The line that contains "use vtd_words::Words;" marks the end: retype the data below exactly from its first line through that line.

-=-=-

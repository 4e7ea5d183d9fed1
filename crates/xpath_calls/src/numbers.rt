//! Numbers that the core functions answer: XPath 1.0, sections 4.1, 4.2 and 4.4.

ghost use Rattle.std.specs.Prelude.{◌≡◌, ◌*◌, IfOk, List, length, pos};
ghost use Rattle.xpath_values.specs.Answers.{Yields};
ghost use Rattle.xpath_values.specs.Numbers.{IsNumber, counted, in_range, one};
ghost use Rattle.xpath_values.specs.Values.{Meant, number_of, string_of};
ghost use Rattle.xpath_meaning.specs.Context.{Context};
ghost use Rattle.xpath_meaning.specs.Functions.{own};
ghost use Rattle.xpath_meaning.specs.Scope.{AreHeld, AreValuesOf, IsContext, IsPlace};

use crate::sums::number_there;
use vtd_words::Words;
use xpath_meaning::calls::{length_in_range, own_text};
use xpath_meaning::{Place, Scope, Values, counted, to_number, value_at};
use xpath_values::{Number, ValueFault};

/// The context size.
pub fn last<W: Words>(_scope: &Scope<'_, '_, W>, place: Place) -> Number
    requires { IsPlace _scope.now place }
    ensures number { (c : Context) → IsContext _scope.now place c → result ≡ counted c.size }
    ensures fits { IsNumber result }
{
    counted(place.size)
}

/// The context position.
pub fn position<W: Words>(_scope: &Scope<'_, '_, W>, place: Place) -> Number
    requires { IsPlace _scope.now place }
    ensures number { (c : Context) → IsContext _scope.now place c → result ≡ counted c.position }
    ensures fits { IsNumber result }
{
    counted(place.position)
}

/// The number of characters of the first argument, or of the context node's string-value.
pub fn length<W: Words>(
    scope: &Scope<'_, '_, W>,
    place: Place,
    arguments: &Values,
) -> Result<Number, ValueFault>
    requires place { IsPlace scope.now place }
    requires arguments { AreValuesOf scope.now arguments.now }
    ensures number { (c : Context) → IsContext scope.now place c → (vs : List Meant) →
        AreHeld c.document arguments.now vs → Yields result (in_range (pos (one * length (string_of (own c vs))))) }
    ensures fits { IfOk result IsNumber }
{
    match own_text(scope, place, arguments) {
        Err(fault) => Err(fault),
        Ok(text) => length_in_range(&text),
    }
}

/// The first argument, or the context node, as a number.
pub fn own_number<W: Words>(
    scope: &Scope<'_, '_, W>,
    place: Place,
    arguments: &Values,
) -> Result<Number, ValueFault>
    requires place { IsPlace scope.now place }
    requires arguments { AreValuesOf scope.now arguments.now }
    ensures number { (c : Context) → IsContext scope.now place c → (vs : List Meant) →
        AreHeld c.document arguments.now vs → result ≡ number_of (own c vs) }
    ensures fits { IfOk result IsNumber }
{
    match value_at(arguments, 0) {
        Some(value) => to_number(scope, value),
        None => number_there(scope, place),
    }
}
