//! The calls of the core functions of XPath 1.0, section 4: which function a name is of, and what it answers for the
//! values of its arguments.
#![tactic(auto)]

mod answering;
mod joining;
mod nodes;
mod numbers;
mod parts;
mod sums;

pub use answering::answered;
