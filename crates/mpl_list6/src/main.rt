// Prints the listing of the batch on standard input, for Gen6. What fails is said on standard error, and the exit status is 0 either way.
#![tactic(auto)]

use chips::Chip;

fn main(rt: HostRuntime) {
    let _ = lister::run(
        "mpl_list6",
        Chip::Gen6,
        &mut rt.stdin(),
        &mut rt.stdout(),
        &mut rt.stderr(),
    );
}
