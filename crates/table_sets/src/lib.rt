// Sets of chunks.
#![tactic(auto)]

ghost use Rattle.std.specs.Prelude.{◌≡◌};
ghost use Rattle.rules.specs.Network.{how_many};
ghost use Rattle.rules.specs.Zero.{◌among◌, is_empty};

use rules::Set;

// Beyond the last chunk's number there is none in the set.
pub fn among(chunk: u64, s: Set) -> bool
    ensures { result ≡ (chunk among s) }
{
    s.chunks.get(chunk as usize).copied().unwrap_or(false)
}

// No chunk is in the set.
pub fn is_empty(s: Set) -> bool
    ensures { result ≡ is_empty s }
{
    !s.chunks.contains(&true)
}

// How many chunks a set has, and so how many messages go to it.
pub fn how_many(to: Set) -> u64
    ensures { result ≡ how_many to }
{
    to.chunks.iter().filter(|c| **c).count() as u64
}
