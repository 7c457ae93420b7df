// References that stray from a range: the first one in a list of targets. It speaks of lists of numbers alone, and knows no diagram.
// Assumes nothing.
#![tactic(auto)]

ghost use Rattle.std.specs.Prelude.{◌≡◌, ℕ, ◌+◌, ◌<◌, ◌≤◌, true, length, slice_index};
ghost use Rattle.lists.specs.First.{first};
ghost use Rattle.stray.specs.Stray.{stray, Spans};

// Where the edges of a layer may lead: to a reference below `ends`, or to one from `low` to before `high`.
#[derive(Clone, Copy)]
pub struct Range {
    pub ends: u32,
    pub low: u32,
    pub high: u32,
}

fn is_stray(range: Range, t: u32) -> bool
    ensures { result ≡ stray range t }
{
    range.ends <= t && (t < range.low || range.high <= t)
}

// How far a layer's targets spread: none is above `most`, and none from `ends` on is nearer to it than `least`.
#[derive(Clone, Copy)]
struct Span {
    least: u32,
    most: u32,
}

// Gone through to the end, and never left early.
#[tactic(auto, using(crate::proofs::SpanLaws::spans_start, crate::proofs::SpanLaws::spans_more))]
fn span_of(ends: u32, part: &[u32]) -> Span
    ensures { Spans ends part.now (length part.now) result.least result.most }
{
    let mut least = u32::MAX;
    let mut most: u32 = 0;
    for t in part {
        least = least.min(t.wrapping_sub(ends));
        most = most.max(*t);
    }
    Span { least, most }
}

fn keeps_to(range: Range, span: Span) -> bool
    ensures { result ≡ true → (range.low ≤ range.ends + span.least) × (span.most < range.high) }
{
    span.most < range.high && range.low as u64 <= range.ends as u64 + span.least as u64
}

fn search_stray(range: Range, part: &[u32]) -> Option<usize>
    ensures { result ≡ first (λ (j : ℕ). stray range (slice_index part.now j)) (length part.now) }
{
    part.iter().position(|t| is_stray(range, *t))
}

// The first stray target: searched for only where the targets spread beyond the range.
#[tactic(auto, using(crate::proofs::SpanLaws::keeping))]
pub fn first_stray(range: Range, part: &[u32]) -> Option<usize>
    ensures { result ≡ first (λ (j : ℕ). stray range (slice_index part.now j)) (length part.now) }
{
    if keeps_to(range, span_of(range.ends, part)) {
        return None;
    }
    search_stray(range, part)
}
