//! The whole model: the program, and what stands outside.

use crate::expression::greatest;
use crate::model::Model;
use crate::scope::Scope;
use crate::text::put;
use crate::texts::Texts;
use occ_syntax::{Dir, Kind, Memory, Name, Names, Program, push_number};
use std::alloc::Global;

/// The model of a program that was read with a table of names. Nothing is said of the text: what Spin finds in it is tested.
pub fn model_of(alloc: Global, names: Names, program: &Program) -> Result<Vec<u8>, Memory> {
    let mut model = Model {
        alloc,
        scope: Scope {
            texts: Texts::new(names)?,
            entries: Vec::new(alloc),
        },
        head: Vec::new(alloc),
        parts: Vec::new(alloc),
        numbers: 0,
        channels: 2,
        most: 1,
    };
    let params = program.params.items();
    let mut body = Vec::new(alloc);
    model.put_start(&mut body, params)?;
    model.put_part(&mut body, 1, &program.body)?;
    put(&mut body, b"}\n")?;
    model.put_outside(&mut body, params)?;
    model.whole(body.as_slice())
}

/// What the model begins with: a process can record the last event.
const RECORD: &[u8] =
    b"#ifdef EVENTS\nbyte channel = 0; byte value;\n#define SEEN(c, v) channel = c; value = v\n#else\n#define SEEN(c, v) skip\n#endif\n\n";

impl Model {
    /// Adds the begin of the program: the state in which it begins is chosen.
    fn put_start(&mut self, text: &mut Vec<u8>, params: &[(Name, Kind)]) -> Result<(), Memory> {
        put(text, b"\nactive proctype program() {\n")?;
        for (name, kind) in params {
            self.enter(*name, *kind)?;
            self.put_choice(text, 1, *name, *kind)?;
        }
        self.put_state(text, params)
    }

    /// Adds the line that tells the state in which the program begins.
    fn put_state(&self, text: &mut Vec<u8>, params: &[(Name, Kind)]) -> Result<(), Memory> {
        let mut form = Vec::new(self.alloc);
        let mut values = Vec::new(self.alloc);
        for (name, kind) in params {
            if let Kind::Var(_) = kind {
                if !form.is_empty() {
                    put(&mut form, b" ")?;
                }
                put(&mut form, b"%d")?;
                put(&mut values, b", ")?;
                self.scope.put_name(&mut values, *name)?;
            }
        }
        put(text, b"  printf(\"STATE [")?;
        put(text, form.as_slice())?;
        put(text, b"]\\n\"")?;
        put(text, values.as_slice())?;
        put(text, b");\n")
    }

    /// Adds the process that is ready for each event of the interface at any time.
    fn put_outside(&self, text: &mut Vec<u8>, params: &[(Name, Kind)]) -> Result<(), Memory> {
        put(
            text,
            b"\nactive proctype outside() {\n  byte got;\nend:\n  do\n  :: false\n",
        )?;
        for (name, kind) in params {
            match kind {
                Kind::Chan(width, Some(Dir::Input)) => {
                    self.put_inputs(text, *name, width.bits())?
                }
                Kind::Chan(_, _) => self.put_outputs(text, *name)?,
                Kind::Var(_) => {}
            }
        }
        put(text, b"  od\n}\n")
    }

    fn put_inputs(&self, text: &mut Vec<u8>, name: Name, bits: u8) -> Result<(), Memory> {
        for value in 0..=greatest(bits) {
            put(text, b"  :: atomic { ch[")?;
            self.scope.put_name(text, name)?;
            put(text, b"]!")?;
            push_number(text, value)?;
            put(text, b" -> printf(\"")?;
            put(text, self.scope.texts.get(name))?;
            put(text, b"?")?;
            push_number(text, value)?;
            put(text, b"\\n\"); SEEN(")?;
            self.scope.put_name(text, name)?;
            put(text, b", ")?;
            push_number(text, value)?;
            put(text, b") }\n")?;
        }
        Ok(())
    }

    fn put_outputs(&self, text: &mut Vec<u8>, name: Name) -> Result<(), Memory> {
        put(text, b"  :: atomic { ch[")?;
        self.scope.put_name(text, name)?;
        put(text, b"]?got -> printf(\"")?;
        put(text, self.scope.texts.get(name))?;
        put(text, b"!%d\\n\", got); SEEN(")?;
        self.scope.put_name(text, name)?;
        put(text, b", got); got = 0 }\n")
    }

    /// The whole text, with the processes of the program and of the outside behind all others.
    fn whole(&self, body: &[u8]) -> Result<Vec<u8>, Memory> {
        let mut text = Vec::from_slice(self.alloc, self.head.as_slice())?;
        for place in 0..self.most {
            put(&mut text, b"hidden byte t")?;
            push_number(&mut text, place as u64)?;
            put(&mut text, b";\n")?;
        }
        put(&mut text, b"chan ch[")?;
        push_number(&mut text, self.channels)?;
        put(&mut text, b"] = [0] of { byte };\n")?;
        put(&mut text, RECORD)?;
        put(&mut text, self.parts.as_slice())?;
        put(&mut text, body)?;
        Ok(text)
    }
}
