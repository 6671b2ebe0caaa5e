//! A program as a model in Promela, the language of Spin (Holzmann, "The Spin Model Checker", 2003; spinroot.com),
//! so that properties in linear temporal logic can be asked there.
//!
//! Each variable is a global one of the model, since a program without loops declares each at most once. Channels are the rendezvous
//! channels of one array: a guard whose condition is false waits on an element that nobody uses. The parts of a PAR are processes that
//! count themselves where they end. What stands outside is one process that is ready for each event at any time.
#![tactic(auto)]

mod expression;
mod model;
mod outside;
mod part;
mod scope;
mod text;
mod texts;

pub use outside::model_of;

-=-=-

Answer section
repository 4e7ea5d183d9fed1
filename crates/xpath_calls/src/numbers.rt
//! Numbers that the core functions answer: XPath 1.0, sections 4.1, 4.2 and 4.4.

ghost use Rattle.std.specs.Prelude.{◌≡◌, ◌*◌, IfOk, List, length, pos};
ghost use Rattle.xpath_values.specs.Answers.{Yields};
ghost use Rattle.xpath_values.specs.Numbers.{IsNumber, counted, in_range, one};
ghost use Rattle.xpath_values.specs.Values.{Meant, number_of, string_of};
ghost use Rattle.xpath_meaning.specs.Context.{Context};
ghost use Rattle.xpath_meaning.specs.Functions.{own};
ghost use Rattle.xpath_meaning.specs.Scope.{AreHeld, AreValuesOf, IsContext, IsPlace};

use crate::sums::number_there;
use vtd_words::Words;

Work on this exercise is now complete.